I had the exact same concerns as you! For weeks I tried to find some sort of birthing CDs or guided relaxation CDs that I could use to supplement the Hypnobirthing Program. I also stumbled across some reviews where others had the same concern/problem. It looks like most people feel that hypnobabies offers a much more structured program and focuses more on hypnosis then on relaxation alone (It's weird because I didn't come across anything besides full praise when I was deciding whether or not to pay $450 for the Mongan class!). So...after much thought I finally broke down and ordered the hypnobabies home study course as a supplement to Hypnobirthing. Don't get me wrong, I liked the class but it was basically a "review session" for me of everything I had already learned on my own from the book, before the class even began! The handouts were pretty much just recaps of the book as well. Overall I love the program and feel like the classes are beneficial for DHs and women who are extrememly nervous about birth. But I became pretty damn confident in myself based on just the book alone, so if I could, I would rewind and not have taken the class.

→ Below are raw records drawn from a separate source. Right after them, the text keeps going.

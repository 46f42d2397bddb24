//! The values of arithmetic expressions on the heap.
#![tactic(auto)]

mod enter;
mod evaluation;
mod frame;
mod leave;
mod now;
mod stop;

pub use evaluation::{EvalError, eval};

It was a difficult decision to buy hypnobabies since I had already spent so much money on the hypnobirthing class. But, i've been checking ebay every few days or so and it seems like a lot of women are able to sell their used program package for around $100+. I bid a few times and was always outbid at around $90 - $100 so I decided to just buy the whole thing brand new for $139. I'll end up getting most of my money back by selling on ebay later. It hasn't arrived yet (just ordered it), but I'll let you know if it was worth the extra bucks I shelled out.

My only lingering concern after the Mongan classes was "what happens if I lose focus" and I feel like having guided CDs to listen to during labor will act as a safety net should that happen.

No more fears, yippee!


----------



## leila1213 (Sep 15, 2006)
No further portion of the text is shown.